Procuro na memória uma cheia em Famalicão. Não uma inundação, essa frequente maçada às vezes resultante de canalizações já cansadas, outras provocando lamentáveis desastres humanos e patrimoniais. Digo uma cheia como agora as da Trofa. A meter Santarém, a lezíria, num chinelo, tolhendo o tráfego na EN14, espalhando o caos, chamando aos berros as televisões.
(Tudo porque, ouvi dizer, a edilidade facilitou a construção sobre uma linha de água mais arisca que se repimpa de chuva e gosta de largueza e ar puro. Pois ao que parece os edis famalicenses não se deram a carnavais com a natureza e, de resto, o Ave não navega aquém de Bairro, Lousado, Fradelos, cujas margens a gente não alcança daqui).

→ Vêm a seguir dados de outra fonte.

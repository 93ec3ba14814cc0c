//! The ports of services.

use mlb_base::{NoMemory, Sequence, TryCopy};

/// A transport protocol. TCP comes before UDP, and UDP before SCTP.
#[derive(Clone, Copy, Debug, PartialEq, Eq, PartialOrd, Ord)]
pub enum Protocol {
    Tcp,
    Udp,
    Sctp,
}

/// A port of a protocol. Ports are ordered by protocol, then by number.
#[derive(Clone, Copy, PartialEq, Eq, PartialOrd, Ord)]
pub struct Port {
    pub protocol: Protocol,
    pub port: u16,
}

/// A list of ports.
pub type PortList = Sequence<Port>;

impl TryCopy for Port {
    fn copy(&self) -> Result<Port, NoMemory> {
        Ok(*self)
    }
}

Vejam a ribeira da Boca! Se algum dia fez história, afora aquelas manhãs em que depois das escolas – a Primária e a Comercial – era uma lavoura toda até aos Bargos, um empastelado de terra a calcorrear até à futebolística aula de ginástica – lado a lado com o treino dos atletas do F. C. Famalicão. A ribeira serpenteava a céu aberto entre a sucessão de campos que nos separava do destino e ginástica, ginástica, era a sua travessia em pulos bem medidos porque banhos frios em Dezembro ou Janeiro ou Fevereiro, não obrigado! O gado pastava e a rapaziada corria, saltava, colecionava lama nas botas até às bainhas das calças. Ainda assim, nem cheia, nem inundação, somente a água turva, os enfeites de plástico nas bordas da Boca.

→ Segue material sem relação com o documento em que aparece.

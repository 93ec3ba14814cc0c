//! What is pending, and what is published.
ghost use Rattle.std.specs.Prelude.{◌≡◌};

use crate::board::{AskTotal, Sum};
use shown_board::{Naming, Opened, Responder, board};
use std::alloc::Global;
use std::marker::Brand;
use std::process::Abort;
use std::sync::Wait;
use std::test::Fail;

/// The total, and of how many numbers it is.
pub fn ask<J: Naming>(responder: &mut Responder<Sum, u64, J>) -> Option<(u64, u64)> {
    let reply = responder.respond(&AskTotal)?;
    Some((reply.answer, reply.seen))
}

fn is_told<J: Naming, R: Wait + Abort>(
    rt: &R,
    alloc: Global,
    opened: Opened<u64>,
) -> Result<(), Fail>
    requires { opened.seen.book ≡ J.book }
{
    let nothing = Sum { total: 0 };
    let Ok((mut writer, mut responder)) = board::<Sum, u64, J, R>(
        rt, alloc, opened, nothing, nothing,
    ) else {
        return Err("no memory".into());
    };
    let appended = writer.append(3).is_ok() && writer.append(4).is_ok();
    let before = ask(&mut responder);
    let published = writer.publish(rt).is_ok();
    responder.learn(writer.tell());
    let after = ask(&mut responder);
    writer.end(rt);
    let ended = ask(&mut responder);
    assert!(rt; appended && published);
    assert_eq!(rt; before, Some((0, 0)));
    assert_eq!(rt; after, Some((7, 2)));
    assert_eq!(rt; ended, None);
    Ok(())
}

/// What is pending isn't seen; what is published is, once it was told of. Once the writer has ended
/// nothing is.
#[test]
fn what_was_told_of_is_seen(rt: HostRuntime) -> Result<(), Fail> {
    is_told::<Brand, _>(&rt, rt.alloc(), Opened::new())
}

E o Pelhe? Durante décadas e décadas escondido, ele e os seus afluentes esquecidos debaixo dos silvados, visível (sempre em coloridos suspeitos) apenas a jusante da velhinha, acorcundada, ponte romana do campo da feira, o Pelhe também não tinha graça alguma. Outrossim o rio Este, vindo as meteorologias difíceis do inverno, galgava o leito e alagava a várzea de Nine com fartura de água e de aves pernaltas, ribeirinhas, sonhos que nunca se me tornaram realidade – tempos antigos, muito antigos, muito menos populosos, em que o meu Avô ainda não tinha netos.
Mas estas ocorrências de alagamentos são assaz mais simpáticas do que as inundações. Alagar significa transformar em lago. Ora, é sabido, os lagos são desprovidos de correnteza, pautam-se pela quietude, não atiram – como as inundações mais bravas – com os automóveis estacionados para cima dos telhados ou para dentro das fendas abertas no solo. Provavelmente apelarão à vinda dos bombeiros, por qualquer vaca encalhada até ao pescoço, mas tudo são botes, oleados a defender da chuva, cordames e técnica, vontades solidárias. Uma aventura!
É o que temos agora em Famalicão, no Parque da Devesa, quando chove a sério. O lago transborda, ultrapassa os bancos de madeira, obriga à retirada dos namorados mais para riba. Alguém me disse, o domingo passado as suas águas vieram até perto das latrinas, quase afogavam os coelhos do Parque. Terá sido tanto? Terei sido eu que esqueci as galochas? Não sei, mas o lago da Devesa cumpriu a sua missão – alagou. E na segunda-feira, já em plena bonança, o cenário pela manhãzinha era lindíssimo, com uma luz magnífica e os patos em actividade infrene, nadando, voando, cavaqueando ao longo das margens ainda muito inchadas. Houvera cheia. Sem inundações, sem automóveis soterrados no lodo, sem dramas. Unicamente para gozo dos nossos olhos. E está garantido, a próxima será ainda maior, as águas vão chegar à Casa do Território mas, por obséquio a Famalicão, contrariando o princípio dos vasos comunicantes.